» Brief
Please copy every line with the string "Pair" from the entries below.

» Task inputs
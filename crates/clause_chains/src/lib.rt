// Group 5: the variables of a chain's bit, and the literal in a slot of one of its clauses (document 01, "Clauses, in order").
#![tactic(auto)]

ghost use Rattle.std.specs.Prelude.{◌+◌, ◌≤◌, ◌<◌, ◌≡◌};
ghost use Rattle.encoding.specs.Literal.{literal_number};
ghost use Rattle.clause_walk.specs.Walk.{chain_first, chain_next, chain_slot, chain_size, chain_slots, chain_bit};
ghost use Rattle.clause_chains.specs.Chain.{chain_of};

use clause_literals::{Sizes, literal, negated, of_three, of_two};
use numbers::{Atom, Pair, Var};

// The variables of a chain's bit: z, x and y, and g, which is z at the bit before.
#[derive(Clone, Copy)]
pub struct Chain {
    pub z: Var,
    pub x: Var,
    pub y: Var,
    pub g: Var,
}

// Pair k of body atom b and head h: the chain's bit of block i.
// Kept as two literals: z and g come of one function and x of another, so that one helper would take both as closures.
pub fn chain_of(s: Sizes, k: Pair, b: Atom, h: Atom, i: u16) -> Chain
    requires { (0 < k.0) × (k.0 ≤ 500) × (0 < b.0) × (b.0 ≤ 126) × (0 < h.0) × (h.0 ≤ 126) × (0 < i) × (i ≤ s.w + s.w) }
    ensures { result ≡ chain_of s k.0 b.0 h.0 i }
{
    let w = s.w;
    if i <= w {
        Chain {
            z: s.below_var(k, i),
            x: s.level_var(b, i),
            y: s.level_var(h, i),
            g: s.below_var(k, i - 1),
        }
    } else {
        let j = i - w;
        Chain {
            z: s.next_below_var(k, j),
            x: s.next_var(b, j),
            y: s.level_var(h, j),
            g: s.next_below_var(k, j - 1),
        }
    }
}

// Slot l of clause c of a chain's first bit.
fn chain_first(z: Var, x: Var, y: Var, c: u16, l: u16) -> i32
    ensures { result ≡ literal_number (chain_first z.0 x.0 y.0 c l) }
{
    match c {
        1 => of_two(negated(z), negated(x), l),
        2 => of_two(negated(z), literal(y), l),
        _ => of_three(literal(z), literal(x), negated(y), l),
    }
}

// Of a further bit, where g is z at the bit before.
fn chain_next(z: Var, x: Var, y: Var, g: Var, c: u16, l: u16) -> i32
    ensures { result ≡ literal_number (chain_next z.0 x.0 y.0 g.0 c l) }
{
    match c {
        1 => of_three(negated(z), negated(x), literal(y), l),
        2 => of_three(negated(z), negated(x), literal(g), l),
        3 => of_three(negated(z), literal(y), literal(g), l),
        4 => of_three(literal(z), literal(x), negated(y), l),
        5 => of_three(literal(z), literal(x), negated(g), l),
        _ => of_three(literal(z), negated(y), negated(g), l),
    }
}

// Slot l of clause y of bit i.
pub fn chain_literal(c: Chain, i: u16, y: u16, l: u16) -> i32
    ensures { result ≡ literal_number (chain_slot c.z.0 c.x.0 c.y.0 c.g.0 i y l) }
{
    match i {
        1 => chain_first(c.z, c.x, c.y, y, l),
        _ => chain_next(c.z, c.x, c.y, c.g, y, l),
    }
}

// The bit of block i, how many clauses a bit has, and how many slots its clause c has.
pub fn chain_bit(w: u16, i: u16) -> u16
    ensures { result ≡ chain_bit w i }
{
    if i <= w { i } else { i - w }
}

pub fn chain_size(i: u16) -> u16
    ensures { result ≡ chain_size i }
{
    match i {
        1 => 3,
        _ => 6,
    }
}

pub fn chain_slots(i: u16, c: u16) -> u16
    ensures { result ≡ chain_slots i c }
{
    if i == 1 && c != 3 { 2 } else { 3 }
}
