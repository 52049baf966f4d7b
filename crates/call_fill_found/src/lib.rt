// Filling out a set of the right form: row 18, and what an accepted one writes (document 01, "Check and filling out").
#![tactic(auto)]

ghost use Rattle.std.specs.Prelude.{◌≤◌, ◌≡◌, ◌++◌, length, drop};
ghost use Rattle.lists.specs.Lists.{tab};
ghost use Rattle.encoding.specs.Code.{level_of};
ghost use Rattle.clause_tables.specs.Tables.{vars_in};
ghost use Rattle.level_lists.specs.Sets.{atoms_of, code_of, set_of};
ghost use Rattle.call_fill_rows.specs.FillOut.{bad_place, FillGives, founded_result};

use call_fill_rows::{FillVerdict, Filled};
use call_results::{highest_of, true_count};
use fixed_lines::put_word;
use level_fill::put_filled;
use level_lists::AtomBytes;
use level_stages::{first_difference, stage_levels};
use refusals::FillRefusal;

// The place of the first byte above 1.
pub fn first_bad(set: &[u8]) -> Option<usize>
    ensures { result ≡ bad_place set.now }
{
    set.iter().position(|x| 1 < *x)
}

// Row 18, for the atoms whose byte is not 0, by their levels; if it is not met, the assignment and the levels are written.
// Kept as facts about the lent buffers: they are written, and `AtomBytes` holds bytes that are read.
fn fill_found(
    set: AtomBytes<'_>,
    found: &[u8],
    assignment: &mut [u8],
    levels: &mut [u8],
) -> FillVerdict
    requires { (found.now ≡ tab (atoms_of set) (level_of (code_of set) (set_of set)) ++ drop (atoms_of set) found.now)
        × (vars_in set.table.cells.now ≤ length assignment.old) × (atoms_of set ≤ length levels.old) }
    ensures { FillGives (code_of set.entry) (founded_result (code_of set.entry) (set_of set.entry)) result assignment.old
        assignment.new levels.old levels.new }
{
    let s = set.table.totals().sizes;
    let n = usize::from(s.n);
    if let Some(a) = first_difference(&set.bytes[..n], &found[..n]) {
        return Err(FillRefusal::Unfounded(a));
    }
    put_filled(set, found, assignment);
    put_word(&found[..n], levels);
    Ok(Filled {
        atoms: true_count(&assignment[..n]),
        highest: highest_of(&levels[..n]),
    })
}

// Row 18, where the levels are found; if it is not met, the assignment and the levels are written.
pub fn fill_founded(set: AtomBytes<'_>, assignment: &mut [u8], levels: &mut [u8]) -> FillVerdict
    requires { (vars_in set.table.cells.now ≤ length assignment.old) × (atoms_of set ≤ length levels.old) }
    ensures { FillGives (code_of set.entry) (founded_result (code_of set.entry) (set_of set.entry)) result assignment.old
        assignment.new levels.old levels.new }
{
    let mut found = [0u8; 126];
    stage_levels(set, &mut found);
    fill_found(set, &found, assignment, levels)
}
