// What the calls have in common, as laws: the tables of a program that was read, and what the answer to its text says of it.
#![tactic(auto)]
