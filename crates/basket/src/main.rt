// Question four of a paper on retail systems: basket order never alters the total. The example of docs/reading.md.
#![tactic(auto)]

ghost use Rattle.std.specs.Prelude.{◌≡◌, min};
ghost use Rattle.basket.specs.Basket.{total};

// What the prices of a basket come to; the largest word where that does not fit a word.
#[tactic(auto, using(crate::proofs::Turns::one_more))]
fn total(prices: &[u64]) -> u64
    ensures { result ≡ min (total prices.now) 0xffff_ffff_ffff_ffff }
{
    let mut sum: u64 = 0;
    for price in prices {
        sum = sum.saturating_add(*price);
    }
    sum
}

// A loaf, rolls and a cheese, in cents, rung up in two orders. The proof of `main` shows that both checks hold.
fn main() {
    check::expect(total(&[420, 180, 950]) == 1550);
    check::expect(total(&[950, 420, 180]) == 1550);
}
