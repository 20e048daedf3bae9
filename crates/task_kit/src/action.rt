//! A ground action of a task.

use mre_base::List;

/// A ground action: the numbers of its preconditions, adds and deletes, and its cost if it has one.
#[derive(Debug)]
pub struct TaskAction {
    pub pre: List<u32>,
    pub add: List<u32>,
    pub del: List<u32>,
    pub cost: Option<u32>,
}

impl Drop for TaskAction {
    fn drop(self) {
        let TaskAction {
            pre: _,
            add: _,
            del: _,
            cost: _,
        } = self;
    }
}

» Your response
use numbers::{Atom, Pair, Var};
// Pair k of body atom b and head h: the chain's bit of block i.
pub fn chain_of(s: Sizes, k: Pair, b: Atom, h: Atom, i: u16) -> Chain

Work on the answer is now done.